Behind this conflict lies a bitter paradox: the Jewish people, who for centuries have sustained the messianic hope of the return of the lost tribes of Israel, have not been able to recognize the Palestinian people as possible brothers. Even if the genealogical connection were untrue -a debated and largely irrelevant point- what is true is their shared belonging to the same land, to a common history, and to a shared destiny. Beyond religion, language, or ethnicity, what should unite is our common humanity. Suffering does not distinguish lineage or creed.
Jewish tradition teaches that being the chosen people implies a moral choice: not to dominate, but to serve; not to impose, but to be an example of justice, of compassion, of living memory in the face of suffering. That choice, if it is to have meaning today, cannot be tied solely to military power or economic or technological success. It must be measured by the capacity to prevent the suffering of others, to open paths toward coexistence, to assume the memory of the Holocaust as a universal ethical responsibility—not as justification for new forms of oppression.

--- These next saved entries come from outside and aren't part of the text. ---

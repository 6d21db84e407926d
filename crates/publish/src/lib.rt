// Writes the table as one list, straight into the buffer.
#![tactic(auto)]

mod parameter;
mod rows;

ghost use Rattle.std.specs.Prelude.{◌≡◌};
ghost use Rattle.publish.specs.Outcome.{result_of, written_of};

use errors::Error;
use list::LIST_LIMIT;
use rows::put_list;

// The table as one list at the front of the buffer: how many bytes it has, or NoRoom.
pub fn write_list(catalogue: &[u8], table: &[u8], buffer: &mut [u8]) -> Result<usize, Error>
    ensures { record { result = result_of result; buffer = buffer.new } ≡ written_of catalogue.now table.now buffer.old }
{
    if buffer.len() < LIST_LIMIT {
        return Err(Error::NoRoom);
    }
    Ok(put_list(catalogue, table, buffer))
}
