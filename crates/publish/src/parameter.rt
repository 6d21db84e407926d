// A held parameter as a list of its index and value.
ghost use Rattle.std.specs.Prelude.{◌+◌, ◌≤◌, length};
ghost use Rattle.list.specs.Kind.{list_code};
ghost use Rattle.list.specs.Tree.{none, list, int};
ghost use Rattle.list.specs.Bytes.{element_bytes};
ghost use Rattle.publish.specs.Published.{double, element_of, pair};
ghost use Rattle.publish.specs.Put.{Room, Put, NoNan};

use list::{Kind, LIST_CODE};
use numbers::put_two_u32;
use value::Value;

// The elements of a parameter's list: its index and its value.
const PAIR: u32 = 2;

// Index and value are both NetInts: the list has their code, and they carry none.
fn put_int_pair(buffer: &mut [u8], at: usize, index: u32, x: u32) -> usize
    requires { at + 16 ≤ length buffer.old }
    ensures { Put buffer.old at (element_bytes list_code (list (pair index (int x)) none)) buffer.new result }
{
    put_two_u32(buffer, at, LIST_CODE + Kind::INT, PAIR);
    put_two_u32(buffer, at + 8, index, x);
    at + 16
}

// The value is a NetFloat: index and value follow their codes.
fn put_double_pair(buffer: &mut [u8], at: usize, index: u32, bits: u64) -> usize
    requires { at + 28 ≤ length buffer.old }
    ensures { Put buffer.old at (element_bytes list_code (list (pair index (double bits)) none)) buffer.new result }
{
    put_two_u32(buffer, at, LIST_CODE, PAIR);
    put_two_u32(buffer, at + 8, Kind::INT, index);
    numbers::put_u32(buffer, at + 16, Kind::FLOAT);
    put_two_u32(
        buffer,
        at + 20,
        (bits % 0x1_0000_0000) as u32,
        (bits / 0x1_0000_0000) as u32,
    );
    at + 28
}

// The list of a parameter's index and value.
pub fn put_parameter(buffer: &mut [u8], at: usize, index: u32, v: Value) -> usize
    requires { NoNan v × Room buffer.old at (element_bytes list_code (list (pair index (element_of v)) none)) }
    ensures { Put buffer.old at (element_bytes list_code (list (pair index (element_of v)) none)) buffer.new result }
{
    match v {
        Value::Int(i) => put_int_pair(buffer, at, index, value::int_bits(i)),
        Value::Float(x) => put_double_pair(buffer, at, index, f64::to_bits(x as f64)),
        Value::Bool(flag) => put_int_pair(buffer, at, index, value::flag_bits(flag)),
        Value::Nan(bits) => put_double_pair(buffer, at, index, value::widen(bits)),
    }
}
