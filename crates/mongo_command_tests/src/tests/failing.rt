ghost use Rattle.std.specs.Prelude.{◌<◌};

use super::{Answered, given};
use mongo_bson::{Bytes, RawDocument, Text};
use mongo_command::{
    Command, Connection, HelloReply, RawCommandResponse, ServerAddress, ServerType,
    StreamDescription, hello_command, run_hello,
};
use mongo_wire::{
    ArgumentFault, Error, ErrorKind, FailingLink, FrameBuffer, Link, RequestIds, Sink, Source,
};
use std::alloc::Global;
use std::test::Fail;

// The hello `{isMaster: 1, helloOk: true, backpressure: "2", $db: "admin"}` under the id 0, laid out by the OP_MSG
// specification: a header of 16 bytes, flags and the kind byte in 5, a document of 64.
const HELLO: &[u8] =
    b"\x55\0\0\0\0\0\0\0\0\0\0\0\xdd\x07\0\0\0\0\0\0\0\x40\0\0\0\x10isMaster\0\x01\0\0\0\x08helloOk\0\x01\x02backpressure\0\x02\0\0\x002\0\x02$db\0\x06\0\0\0admin\0\0";

const HELLO_LEN: usize = 85;

// A reply to it: a header of 16 bytes, and 70 more of `{ok: 1.0, maxBsonObjectSize: 16777216, maxMessageSizeBytes:
// 48000000}`.
const REPLY: &[u8] =
    b"\x56\0\0\0\x01\0\0\0\0\0\0\0\xdd\x07\0\0\0\0\0\0\0\x41\0\0\0\x01ok\0\0\0\0\0\0\0\xf0\x3f\x10maxBsonObjectSize\0\0\0\0\x01\x10maxMessageSizeBytes\0\0\x6c\xdc\x02\0";

const REPLY_LEN: usize = 86;

// Where a reply's document begins: after its header, its flags and the kind byte.
const DOCUMENT_START: usize = 21;

// One of the calls that exchange a hello and its reply.
#[derive(Clone, Copy, Debug)]
enum Asked {
    SendMessage,
    Exchange,
    ExchangeInto,
    RunHello,
}

const EACH: [Asked; 4] = [
    Asked::SendMessage,
    Asked::Exchange,
    Asked::ExchangeInto,
    Asked::RunHello,
];
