//! The properties of an object and the numbers in its bytes, read as they stand: whatever the bytes are, what is read is what
//! `session_play` says of them.
#![tactic(auto)]

mod place;
mod properties;
mod property;

pub use place::{after, i32_at, i64_at, u32_at};
pub use properties::Properties;
pub use property::Property;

This is not an attempt to offer a definitive solution to the conflict -whether it be a binational and multicultural state or two states coexisting in peace- but rather to affirm that both Israelis and Palestinians have the same right to live with dignity, security, and justice. The land cannot continue to be a cemetery and a trench: it must also be allowed to be a home.
The same can be said of Ukraine, as of Sudan, Yemen, Ethiopia, Afghanistan, or Myanmar. In each of these war zones, the resources invested in weapons could have been used for hospitals, schools, roads, culture, reconciliation. The price of not doing so is measured in graves, in children without parents, in generations that will grow up never knowing peace.
This text does not seek to justify any form of anti-Semitism, anti-Judaism, Russophobia, or Islamophobia. The attacks carried out by HAMAS -especially those of October 7, 2023- must be condemned clearly and unequivocally, as must the disproportionate reprisals by the State of Israel that destroy entire neighborhoods and collectively punish a population already impoverished and besieged for decades.
The world must not grow accustomed to seeing war as an inevitable fate. Peace is not a utopia if it becomes a collective will. But to achieve that, we must begin by recognizing the other as a brother. Only through mutual respect, equitable justice, and living memory can lasting coexistence be built.
As long as innocent blood continues to cry out from the ground, there will be no silence deep enough to silence it. Humanity, as a whole, is called to respond to the question that echoes from Cain to this day: What have you done?